NASA is set to begin a major study of unidentified aerial phenomena (UAPs) and says research is an important part of his work to ensure spacecraft safety Independently reports. The study, expected to take nine months to complete, will examine existing data and determine the best ways to collect data to improve understanding of unidentified flying objects.
Nasa said the research would be shared publicly upon completion – but stressed that there is “no evidence UAPs are extraterrestrial in origin”. It comes after years of speculation about bodies in the sky that cannot be identified as planes or natural phenomena.

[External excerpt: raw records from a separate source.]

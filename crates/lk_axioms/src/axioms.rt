//! The axioms of each unit of a library.

ghost use Rattle.std.specs.Prelude.{◌≡◌, ◌<◌, [], length, map, All, IfOk, slice_index_or};
ghost use Rattle.lk_env.specs.Units.{library_of};
ghost use Rattle.lk_axioms.specs.Lists.{axiom_lists, set_at, KeepsAxioms, HasEmptySet};

use crate::gathering::Gathering;
use crate::sets::Sets;
use crate::units::gather_units;
use lk_env::library::Library;
use lk_store::memory::NoMemory;
use lk_store::terms::Terms;
use std::alloc::Global;
use std::marker::Model;
use std::mem::drop;

/// For each unit its axioms. Units with the same axioms mostly share one set.
#[derive(Drop)]
pub struct AxiomSets {
    sets: Sets,
    /// The number of each unit's set.
    units: Vec<u32>,
}

impl Model for AxiomSets {
    ghost use Rattle.std.specs.Prelude.{ℕ, List, map, ◌<◌, length, All};
    ghost use Rattle.lk_axioms.specs.Lists.{set_at, HasEmptySet};

    ghost Value = { List (List ℕ) };

    ghost view = { λ s. map (set_at s.sets) s.units.items };

    ghost invariant = { λ s. All (λ k. k < length s.sets) s.units.items × HasEmptySet s.sets };
}

impl AxiomSets {
    /// The sets of no unit.
    pub fn none(alloc: Global) -> Result<AxiomSets, NoMemory>
        ensures { IfOk result (λ sets. sets ≡ []) }
    {
        Ok(AxiomSets {
            sets: Sets::new(alloc)?,
            units: Vec::new(alloc),
        })
    }

    /// The axioms of a unit, rising. It takes no memory.
    pub fn of(&self, unit: usize) -> &[u32]
        requires { unit < length self.now }
        ensures { result.now ≡ slice_index_or self.now unit [] }
    {
        self.sets.get(self.units[unit])
    }
}

/// The sets as they were gathered.
fn finish(gathering: Gathering) -> AxiomSets
    requires inside { All (λ k. k < length gathering.sets) gathering.units.items }
    requires empty { HasEmptySet gathering.sets }
    ensures { result ≡ map (set_at gathering.sets) gathering.units.items }
{
    let Gathering { sets, cells, units } = gathering;
    drop(cells);
    AxiomSets { sets, units }
}

/// The axioms of each unit: itself where it is one, and all that its names lead to.
pub fn uses(alloc: Global, library: &Library) -> Result<AxiomSets, NoMemory>
    ensures { IfOk result (λ sets. sets ≡ axiom_lists (library_of library.now)) }
{
    let none = AxiomSets::none(alloc)?;
    uses_again(alloc, library, none, &[])
}

/// The axioms of each unit again, behind a change of the library. `kept` are those of the units
/// before it: a unit that is marked as not stale has the same still, and the others alone are walked,
/// those without a mark too.
pub fn uses_again(
    alloc: Global,
    library: &Library,
    kept: AxiomSets,
    stale: &[bool],
) -> Result<AxiomSets, NoMemory>
    requires kept { KeepsAxioms (library_of library.now) kept stale.now }
    ensures { IfOk result (λ sets. sets ≡ axiom_lists (library_of library.now)) }
{
    let AxiomSets { sets, units } = kept;
    let mut gathering = Gathering::new(alloc, sets, library.base().len(), library.units().len())?;
    gather_units(alloc, library, &mut gathering, &units, stale)?;
    Ok(finish(gathering))
}
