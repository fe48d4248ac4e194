//! The trees that a unit states.

ghost use Rattle.std.specs.Prelude.{◌≡◌, ◌++◌, map, OnOk};
ghost use Rattle.std.specs.List.{flat_map};
ghost use Rattle.lk_axioms.specs.Stated.{body_numbers, constructor_numbers, recursor_numbers};
ghost use Rattle.lk_axioms.specs.Stated.{stated_numbers};

use lk_env::unit::{
    Block, BlockType, Body, Constructor, Declaration, Recursor, RecursorRule, Unit,
};
use lk_store::memory::NoMemory;

fn push_types(trees: &mut Vec<u64>, types: &[BlockType]) -> Result<(), NoMemory>
    ensures { OnOk result (trees.new.items ≡ trees.old.items ++ map (λ t. t.ty) types.now) }
{
    for t in types {
        trees.push(t.ty)?;
    }
    Ok(())
}

fn push_constructors(trees: &mut Vec<u64>, constructors: &[Constructor]) -> Result<(), NoMemory>
    ensures { OnOk result (trees.new.items ≡ trees.old.items ++ map (λ k. k.ty) constructors.now) }
{
    for k in constructors {
        trees.push(k.ty)?;
    }
    Ok(())
}

fn push_constructors_of_all(trees: &mut Vec<u64>, types: &[BlockType]) -> Result<(), NoMemory>
    ensures { OnOk result (trees.new.items ≡ trees.old.items
        ++ flat_map constructor_numbers types.now) }
{
    for t in types {
        push_constructors(trees, &t.constructors)?;
    }
    Ok(())
}

fn push_rules(trees: &mut Vec<u64>, rules: &[RecursorRule]) -> Result<(), NoMemory>
    ensures { OnOk result (trees.new.items ≡ trees.old.items ++ map (λ x. x.value) rules.now) }
{
    for rule in rules {
        trees.push(rule.value)?;
    }
    Ok(())
}

fn push_recursor(trees: &mut Vec<u64>, recursor: &Recursor) -> Result<(), NoMemory>
    ensures { OnOk result (trees.new.items ≡ trees.old.items ++ recursor_numbers recursor.now) }
{
    trees.push(recursor.ty)?;
    push_rules(trees, &recursor.rules)
}

fn push_recursors(trees: &mut Vec<u64>, recursors: &[Recursor]) -> Result<(), NoMemory>
    ensures { OnOk result (trees.new.items ≡ trees.old.items
        ++ flat_map recursor_numbers recursors.now) }
{
    for r in recursors {
        push_recursor(trees, r)?;
    }
    Ok(())
}

fn push_body(trees: &mut Vec<u64>, body: Body) -> Result<(), NoMemory>
    ensures { OnOk result (trees.new.items ≡ trees.old.items ++ body_numbers body) }
{
    match body {
        Body::Axiom => {}
        Body::Quotient => {}
        Body::Definition { value, .. } => trees.push(u64::from(value))?,
        Body::Opaque { value } => trees.push(u64::from(value))?,
        Body::Theorem { proof } => trees.push(u64::from(proof))?,
    }
    Ok(())
}

fn push_declaration(trees: &mut Vec<u64>, declaration: &Declaration) -> Result<(), NoMemory>
    ensures { OnOk result (trees.new.items ≡ trees.old.items
        ++ stated_numbers (Unit.Declaration declaration.now)) }
{
    trees.push(u64::from(declaration.ty))?;
    push_body(trees, declaration.body)
}

fn push_block(trees: &mut Vec<u64>, block: &Block) -> Result<(), NoMemory>
    ensures { OnOk result (trees.new.items ≡ trees.old.items
        ++ stated_numbers (Unit.Block block.now)) }
{
    push_types(trees, &block.types)?;
    push_constructors_of_all(trees, &block.types)?;
    push_recursors(trees, &block.recursors)
}

/// Lists the trees of a unit, member by member. What stood in the list is gone.
pub(crate) fn list_trees(trees: &mut Vec<u64>, unit: &Unit) -> Result<(), NoMemory>
    ensures { OnOk result (trees.new.items ≡ stated_numbers unit.now) }
{
    trees.clear();
    match unit {
        Unit::Declaration(declaration) => push_declaration(trees, declaration),
        Unit::Block(block) => push_block(trees, block),
    }
}
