//! What is kept when a library changes.

ghost use Rattle.std.specs.Prelude.{◌≡◌, ◌<◌, ℕ, Bool, false, List, length, Some, slice_get};
ghost use Rattle.lk_rulebook.specs.Units.{Library};
ghost use Rattle.lk_axioms.specs.Lists.{axiom_lists, KeepsAxioms, HasSameAxioms};

/// The lists of the units of one library are kept for another, where each unit of that which is not
/// stale has the same axioms in both.
pub fn same_axioms_are_kept()
    ensures { (us vs : Library) (stale : List Bool)
        → ((n : ℕ) → n < length vs → slice_get stale n ≡ Some false → HasSameAxioms us vs n)
        → KeepsAxioms vs (axiom_lists us) stale }
{}
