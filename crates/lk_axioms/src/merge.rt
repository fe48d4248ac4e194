//! The union of two rising lists.

ghost use Rattle.std.specs.Prelude.{IfOk};
ghost use Rattle.std.specs.List.Sorted.{IsStrictlyIncreasing};
ghost use Rattle.lk_axioms.specs.Lists.{IsUnion};

use lk_store::memory::NoMemory;
use std::alloc::Global;

/// The numbers of two rising lists, as one rising list.
pub(crate) fn merge(alloc: Global, xs: &[u32], ys: &[u32]) -> Result<Vec<u32>, NoMemory>
    requires xs_rising { IsStrictlyIncreasing xs.now }
    requires ys_rising { IsStrictlyIncreasing ys.now }
    ensures rising { IfOk result (λ zs. IsStrictlyIncreasing zs.items) }
    ensures union { IfOk result (λ zs. IsUnion xs.now ys.now zs.items) }
{
    let mut merged = Vec::new(alloc);
    let mut i = 0;
    let mut j = 0;
    'both: while i < xs.len() && j < ys.len() {
        let x = xs[i];
        let y = ys[j];
        merged.push(x.min(y))?;
        if x <= y {
            i += 1;
        }
        if y <= x {
            j += 1;
        }
    }
    merged.extend_from_slice(xs.split_at(i).1)?;
    merged.extend_from_slice(ys.split_at(j).1)?;
    Ok(merged)
}
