//! The axioms that each unit of a library rests on. A tree is walked once, and again only where one
//! of its names came to mean something in between: what was found in it is kept by its number. A
//! set is shared where a union adds nothing to it. After a change of the library only the units that
//! may have other axioms are walked again.
#![tactic(auto)]

pub mod axioms;
mod finding;
mod gathering;
pub mod laws;
mod merge;
mod sets;
mod stated;
mod units;
mod visit;

pub use axioms::{AxiomSets, uses, uses_again};
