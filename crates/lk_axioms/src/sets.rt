//! Sets of unit numbers, each a rising list, by numbers of their own.

ghost use Rattle.std.specs.Prelude.{◌≡◌, ◌<◌, ◌++◌, [], ◌∷◌, length, IfOk, OnOk, slice_index_or};
ghost use Rattle.std.specs.List.Sorted.{IsStrictlyIncreasing};
ghost use Rattle.lk_axioms.specs.Lists.{set_at, IsUnion, IsUnited};

use crate::merge::merge;
use lk_store::memory::NoMemory;
use std::alloc::Global;
use std::marker::Model;

/// Sets of unit numbers. A number stands for one set for good.
#[derive(Drop)]
pub struct Sets {
    lists: Vec<Vec<u32>>,
}

impl Model for Sets {
    ghost use Rattle.std.specs.Prelude.{ℕ, List, map, All};
    ghost use Rattle.std.specs.List.Sorted.{IsStrictlyIncreasing};

    ghost Value = { List (List ℕ) };

    ghost view = { λ s. map (λ l. l.items) s.lists.items };

    ghost invariant = { λ s. All (λ l. IsStrictlyIncreasing l.items) s.lists.items };
}

impl Sets {
    /// The empty set alone.
    pub fn new(alloc: Global) -> Result<Sets, NoMemory>
        ensures { IfOk result (λ s. s ≡ [] ∷ []) }
    {
        let mut lists: Vec<Vec<u32>> = Vec::new(alloc);
        lists.push(Vec::new(alloc))?;
        Ok(Sets { lists })
    }

    /// The numbers of a set.
    pub fn get(&self, set: u32) -> &[u32]
        requires { set < length self.now }
        ensures numbers { result.now ≡ slice_index_or self.now set [] }
        ensures rising { IsStrictlyIncreasing result.now }
    {
        self.lists[set as usize].as_slice()
    }

    /// One more set. There are at most 2^32 - 1 of them.
    pub fn add(&mut self, list: Vec<u32>) -> Result<u32, NoMemory>
        requires { IsStrictlyIncreasing list.items }
        ensures grown { OnOk result (self.new ≡ self.old ++ list.items ∷ []) }
        ensures number { IfOk result (λ set. set ≡ length self.old) }
    {
        if self.lists.len() >= u32::MAX as usize {
            return Err(NoMemory);
        }
        let set = self.lists.len() as u32;
        self.lists.push(list)?;
        Ok(set)
    }

    /// The number of a set that is the union of two: one of theirs, where that has all numbers.
    fn add_union(&mut self, a: u32, b: u32, list: Vec<u32>) -> Result<u32, NoMemory>
        requires a_in { a < length self.old }
        requires b_in { b < length self.old }
        requires rising { IsStrictlyIncreasing list.items }
        requires union { IsUnion (set_at self.old a) (set_at self.old b) list.items }
        ensures { IfOk result (IsUnited self.old self.new a b) }
    {
        if list.as_slice() == self.get(a) {
            return Ok(a);
        }
        if list.as_slice() == self.get(b) {
            return Ok(b);
        }
        self.add(list)
    }

    /// The number of the union of two sets.
    pub fn union(&mut self, alloc: Global, a: u32, b: u32) -> Result<u32, NoMemory>
        requires a_in { a < length self.old }
        requires b_in { b < length self.old }
        ensures { IfOk result (IsUnited self.old self.new a b) }
    {
        let xs = self.get(a);
        let ys = self.get(b);
        if a == b || ys.is_empty() {
            return Ok(a);
        }
        if xs.is_empty() {
            return Ok(b);
        }
        let list = merge(alloc, xs, ys)?;
        self.add_union(a, b, list)
    }
}
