//! The units, in their order: the set of each, from what its trees lead to.

ghost use Rattle.std.specs.Prelude.{◌≡◌, ◌<◌, ◌+◌, [], length, All, Some, slice_get, IfOk, OnOk};
ghost use Rattle.lk_reach.specs.Axioms.{is_axiom as is_axiom_unit};
ghost use Rattle.lk_store.specs.Contents.{Contents};
ghost use Rattle.lk_store.specs.Store.{contents_of};
ghost use Rattle.lk_env.specs.Units.{unit_at, library_of, IsUnitIn};
ghost use Rattle.lk_axioms.specs.Gathered.{IsRightFor, IsUnitNumber, AreGathered, IsUnitGathered};
ghost use Rattle.lk_axioms.specs.Gathered.{HasItself, AreKept};
ghost use Rattle.lk_axioms.specs.Lists.{Keeps, unless_stale};

use crate::gathering::{Gathering, gather};
use crate::sets::Sets;
use crate::stated::list_trees;
use crate::visit::Visit;
use lk_env::library::Library;
use lk_env::unit::{Body, Unit};
use lk_store::memory::NoMemory;
use std::alloc::Global;

/// Room for the walks over a unit's trees, used again for the next unit.
#[derive(Drop)]
pub(crate) struct Walks {
    pub trees: Vec<u64>,
    pub stack: Vec<Visit>,
}

/// The set of what the trees lead to.
fn gather_trees(
    alloc: Global,
    library: &Library,
    gathering: &mut Gathering,
    stack: &mut Vec<Visit>,
    unit: u32,
    trees: &[u64],
) -> Result<u32, NoMemory>
    requires right { IsRightFor library.now unit gathering.old }
    requires few { IsUnitNumber unit }
    requires trees_in { All (λ e. e < length (contents_of library.now.tables).trees) trees.now }
    ensures { IfOk result (AreGathered (contents_of library.now.tables)
        (library_of library.now) unit
        trees.now gathering.old gathering.new) }
{
    let mut used: u32 = 0;
    for tree in trees {
        gather(alloc, library, gathering, stack, unit, *tree)?;
        let found = gathering.cells[*tree as usize];
        used = gathering.sets.union(alloc, used, found.set)?;
    }
    Ok(used)
}

/// Whether a unit is an axiom. Constants of quotient types are none.
fn is_axiom(unit: &Unit) -> bool
    ensures { (c : Contents) → result ≡ is_axiom_unit (unit_at c unit.now) }
{
    match unit {
        Unit::Declaration(declaration) => matches!(declaration.body, Body::Axiom),
        Unit::Block(_) => false,
    }
}

/// A set with the unit itself.
fn add_itself(alloc: Global, sets: &mut Sets, unit: u32, set: u32) -> Result<u32, NoMemory>
    requires { set < length sets.old }
    ensures { IfOk result (HasItself sets.old sets.new unit set) }
{
    let own = sets.add(Vec::from_array(alloc, [unit])?)?;
    sets.union(alloc, set, own)
}

/// The set of a unit.
fn gather_unit(
    alloc: Global,
    library: &Library,
    gathering: &mut Gathering,
    walks: &mut Walks,
    unit: u32,
    stated: &Unit,
) -> Result<u32, NoMemory>
    requires right { IsRightFor library.now unit gathering.old }
    requires few { IsUnitNumber unit }
    requires stands { slice_get (library_of library.now) unit
        ≡ Some (unit_at (contents_of library.now.tables) stated.now) }
    requires stated_in { IsUnitIn (contents_of library.now.tables) stated.now }
    ensures { IfOk result (IsUnitGathered (contents_of library.now.tables)
        (library_of library.now) unit
        gathering.old gathering.new) }
{
    list_trees(&mut walks.trees, stated)?;
    let used = gather_trees(
        alloc,
        library,
        gathering,
        &mut walks.stack,
        unit,
        &walks.trees,
    )?;
    if is_axiom(stated) {
        add_itself(alloc, &mut gathering.sets, unit, used)
    } else {
        Ok(used)
    }
}

/// Gathers one more unit.
fn push_unit(
    alloc: Global,
    library: &Library,
    gathering: &mut Gathering,
    walks: &mut Walks,
    unit: u32,
    stated: &Unit,
) -> Result<(), NoMemory>
    requires right { IsRightFor library.now unit gathering.old }
    requires few { IsUnitNumber unit }
    requires stands { slice_get (library_of library.now) unit
        ≡ Some (unit_at (contents_of library.now.tables) stated.now) }
    requires stated_in { IsUnitIn (contents_of library.now.tables) stated.now }
    ensures right { OnOk result (IsRightFor library.now (unit + 1) gathering.new) }
    ensures keeps { OnOk result (Keeps gathering.old.sets gathering.new.sets) }
{
    let set = gather_unit(alloc, library, gathering, walks, unit, stated)?;
    gathering.units.push(set)?;
    Ok(())
}

/// The number of the set that a unit had, where it is not stale.
fn kept_set(kept: &[u32], stale: &[bool], unit: usize) -> Option<u32>
    ensures { result ≡ unless_stale (slice_get stale.now unit) (slice_get kept.now unit) }
{
    match stale.get(unit) {
        Some(false) => kept.get(unit).copied(),
        _ => None,
    }
}

/// Gathers all units; one that is not stale has the set still that it had. They are fewer than
/// 2^32; more are want of memory.
pub(crate) fn gather_units(
    alloc: Global,
    library: &Library,
    gathering: &mut Gathering,
    kept: &[u32],
    stale: &[bool],
) -> Result<(), NoMemory>
    requires right { IsRightFor library.now 0 gathering.old }
    requires still { AreKept (library_of library.now) gathering.old.sets kept.now stale.now }
    ensures { OnOk result (IsRightFor library.now (length library.now.units) gathering.new) }
{
    let units = library.units();
    if units.len() > u32::MAX as usize {
        return Err(NoMemory);
    }
    let mut walks = Walks {
        trees: Vec::new(alloc),
        stack: Vec::new(alloc),
    };
    for (i, unit) in units.iter().enumerate() {
        match kept_set(kept, stale, i) {
            Some(set) => {
                gathering.units.push(set)?;
            }
            None => {
                push_unit(alloc, library, gathering, &mut walks, i as u32, unit)?;
            }
        }
    }
    Ok(())
}
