//! What waits on the stack of a walk.

ghost use Rattle.std.specs.Prelude.{◌≡◌, ◌<◌, ◌++◌, map, length, OnOk};
ghost use Rattle.lk_store.specs.Store.{contents_of};
ghost use Rattle.lk_seek.specs.Trees.{parts_back};
ghost use Rattle.lk_axioms.specs.declared.visit.Visit.TheVariants as visit;
ghost use Rattle.lk_axioms.specs.Walks.{IsOpened};

use lk_store::base_store::BaseStore;
use lk_store::memory::NoMemory;
use lk_store::node::Node;
use lk_store::terms::Terms;

/// A tree that the walk is to enter, or one that it leaves once its parts are done.
#[derive(Clone, Copy)]
pub(crate) enum Visit {
    Enter(u64),
    Leave(u64, Node),
}

/// Puts the parts of a node on the stack, the first of them on top. The type of a Local is none of
/// them.
fn push_parts(stack: &mut Vec<Visit>, node: Node) -> Result<(), NoMemory>
    ensures { OnOk result (stack.new.items
        ≡ stack.old.items ++ map visit.Enter (parts_back node)) }
{
    match node {
        Node::Var(_) | Node::Sort(_) | Node::Const(_, _) => {}
        Node::Lit(_) | Node::Wide | Node::Str(_) | Node::Local(_, _) => {}
        Node::Proj(_, _, e) => stack.push(Visit::Enter(e))?,
        Node::App(a, b) | Node::Lam(a, b) | Node::Pi(a, b) => {
            stack.push(Visit::Enter(b))?;
            stack.push(Visit::Enter(a))?;
        }
        Node::Let(a, b, c) => {
            stack.push(Visit::Enter(c))?;
            stack.push(Visit::Enter(b))?;
            stack.push(Visit::Enter(a))?;
        }
    }
    Ok(())
}

/// Puts a tree on the stack again, and its parts above it.
pub(crate) fn open(base: &BaseStore, stack: &mut Vec<Visit>, e: u64) -> Result<(), NoMemory>
    requires { e < length (contents_of base.now).trees }
    ensures { OnOk result (IsOpened (contents_of base.now) e stack.old.items stack.new.items) }
{
    let node = base.view(e);
    stack.push(Visit::Leave(e, node))?;
    push_parts(stack, node)?;
    Ok(())
}
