//! What was found in a tree.

ghost use Rattle.std.specs.Prelude.{◌<◌, length, IfOk};
ghost use Rattle.lk_axioms.specs.Gives.{IsJoined};

use crate::sets::Sets;
use lk_store::memory::NoMemory;
use std::alloc::Global;

/// The set of the axioms that a tree's names lead to. A name may mean something only from a later
/// unit on: below that unit the set is right, from the unit on at which it was found.
#[derive(Clone, Copy)]
pub(crate) struct Finding {
    pub set: u32,
    pub below: u32,
}

/// Nothing, whatever the unit. The set 0 is empty.
pub(crate) const NOTHING: Finding = Finding {
    set: 0,
    below: u32::MAX,
};

/// Of a tree that was not walked yet. It holds at no unit.
pub(crate) const NOWHERE: Finding = Finding { set: 0, below: 0 };

/// The finding of two together.
pub(crate) fn join(
    alloc: Global,
    sets: &mut Sets,
    a: Finding,
    b: Finding,
) -> Result<Finding, NoMemory>
    requires a_in { a.set < length sets.old }
    requires b_in { b.set < length sets.old }
    ensures { IfOk result (IsJoined sets.old sets.new a b) }
{
    let set = sets.union(alloc, a.set, b.set)?;
    Ok(Finding {
        set,
        below: a.below.min(b.below),
    })
}
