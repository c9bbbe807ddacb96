// The lowest unfinished task, whether there is one, and what a run answers by that.
#![tactic(auto)]

ghost use Rattle.std.specs.Prelude.{◌≡◌, cond, not, length, Ok, Some, None};
ghost use Rattle.model.specs.declared.RunStop.TheVariants.{Finished, Spent};
ghost use Rattle.model.specs.Lists.{below, every, keep, first_or};
ghost use Rattle.model.specs.Links.{mark as markAt, finished};
ghost use Rattle.records.specs.Records.{marks_from};

use marks::is_finished;
use model::{RunAnswer, RunStop};
use records::{Record, mark_of};

// The lowest task that is unfinished.
pub fn first_unfinished(records: &[Record]) -> Option<usize>
    ensures { result ≡ first_or (keep (λ p. not (finished (markAt (marks_from records.now) p))) (below (length records.now))) Some None }
{
    for p in 0..records.len() {
        if !is_finished(mark_of(records, p)) {
            return Some(p);
        }
    }
    None
}

// Whether every task is finished.
fn all_finished(records: &[Record]) -> bool
    ensures { result ≡ every finished (marks_from records.now) }
{
    first_unfinished(records).is_none()
}

// What a run answers whose budget is spent, after n calls.
pub fn answer_after(records: &[Record], n: u64) -> RunAnswer
    ensures { result ≡ cond (every finished (marks_from records.now)) (Ok (Finished n)) (Ok (Spent n)) }
{
    if all_finished(records) {
        return Ok(RunStop::Finished(n));
    }
    Ok(RunStop::Spent(n))
}
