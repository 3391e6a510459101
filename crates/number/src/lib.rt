// The number that a text is, in decimal. Digit by digit: std's `parse` takes a sign and leading zeros.
#![tactic(auto)]

ghost use Rattle.std.specs.Prelude.{◌≡◌};
ghost use Rattle.number.specs.Decimal.{number_in};

// The number that a text is, in decimal; nothing where it is none, has a leading zero, or is past 2^64 - 1.
#[tactic(auto, using(crate::proofs::NumberLaws::reading))]
pub fn number_in(text: &[u8]) -> Option<u64>
    ensures { result ≡ number_in text.now }
{
    let first = *text.first()?;
    if first == b'0' && 1 < text.len() {
        return None;
    }
    let mut number: u64 = 0;
    for byte in text {
        if !byte.is_ascii_digit() {
            return None;
        }
        let digit = u64::from(*byte - b'0');
        number = number.checked_mul(10)?.checked_add(digit)?;
    }
    Some(number)
}
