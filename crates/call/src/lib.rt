// What the calls of the year share: the tests of the table of refusals, each tried in its turn.
#![tactic(auto)]

ghost use Rattle.std.specs.Prelude.{◌≡◌, eqb};
ghost use Rattle.state.specs.Layout.{stage_of};
ghost use Rattle.base.specs.Refused.{number_of as refusal_number, number_in};
ghost use Rattle.base.specs.Stage.{number_of};
ghost use Rattle.call.specs.Outcome.{whenever};
ghost use Rattle.call.specs.InStage.{is_in};
ghost use Rattle.call.specs.Tests.{open_refusal, no_holder, no_intertie, no_pair, unfit_parties, bad_kw, bad_term};

use base::limits;
use base::refusals::Refusal;
use base::stages::Stage;

// A refusal where its condition holds.
pub fn refuse_if(condition: bool, refusal: Refusal) -> Result<(), Refusal>
    ensures { number_in result ≡ whenever condition (refusal_number refusal) }
{
    if condition { Err(refusal) } else { Ok(()) }
}

// Refusals 5 to 7 of a call in stage 4: the state is short or not orderly, or the stage is another.
pub fn check_open(state: &[u32]) -> Result<(), Refusal>
    ensures { number_in result ≡ open_refusal state.now }
{
    orderly::check_state(state)?;
    refuse_if(!is_stage(state, Stage::Open), Refusal::Stage)
}

// Whether a state is of a stage. (By the number: a word made a `Stage` first may name none, which would be one case more with the
// same answer.)
pub fn is_stage(state: &[u32], stage: Stage) -> bool
    ensures { result ≡ eqb (stage_of state.now) (number_of stage) }
{
    state::stage(state) == stage.number()
}

// Whether a state is of one of the stages. (A request, a move and a closing, which more than one stage allows, test this after
// `check_state`: two tests, as their definitions have them.)
pub fn is_in(state: &[u32], stages: &[Stage]) -> bool
    ensures { result ≡ is_in (stage_of state.now) stages.now }
{
    stages.iter().any(|stage| is_stage(state, *stage))
}

// Refusal 8: whether the state has no such holder. (This and `no_intertie` are two: with the count as a parameter each caller
// would read it.)
pub fn no_holder(state: &[u32], holder: u32) -> bool
    ensures { result ≡ no_holder state.now holder }
{
    state::holder_count(state) <= holder
}

// Refusal 8: whether the state has no such intertie.
pub fn no_intertie(state: &[u32], intertie: u32) -> bool
    ensures { result ≡ no_intertie state.now intertie }
{
    state::intertie_count(state) <= intertie
}

// Refusal 8: whether the state has no such holder or no such intertie.
pub fn no_pair(state: &[u32], holder: u32, intertie: u32) -> bool
    ensures { result ≡ no_pair state.now holder intertie }
{
    no_holder(state, holder) | no_intertie(state, intertie)
}

// Refusal 8: whether a party is no holder, or both are one.
pub fn unfit_parties(state: &[u32], first: u32, second: u32) -> bool
    ensures { result ≡ unfit_parties state.now first second }
{
    no_holder(state, first) | no_holder(state, second) | (first == second)
}

// Refusal 9: whether kW are not 1 to 20,000,000. (This and `bad_term` share but `contains`: their limits differ, and so do their
// types, 64 bits and 32.)
pub fn bad_kw(kw: u64) -> bool
    ensures { result ≡ bad_kw kw }
{
    !(1..=limits::MOST_KW).contains(&kw)
}

// Refusal 9: whether a term is not 1 to 30 years.
pub fn bad_term(years: u32) -> bool
    ensures { result ≡ bad_term years }
{
    !(1..=limits::MOST_YEARS).contains(&years)
}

Thomas Zurbuchen, deputy administrator for science at NASA, said: “Nasa believes that the tools of scientific discovery are powerful and apply here as well.
“We have access to a wide range of observations of the Earth from space – and that is the lifeblood of scientific inquiry. We have the tools and team that can help us improve our understanding of the unknown. That is the very definition of what science is. That’s what we do.”
US interest in UAPs has increased significantly recently – although the first congressional hearing on UFOs in decades, held last month, offered little new information about the origins of mysterious lights in the sky.
US Undersecretary for Intelligence and Security Ronald Moultrie, who oversees a new Pentagon program investigating UFOs, said: “We want to know what’s out there, just like you want to know what’s out there.”
“We don’t just get the questions from you; We get them from family members and we get them day and night, not just at committee hearings. So it’s important to find out what’s out there.”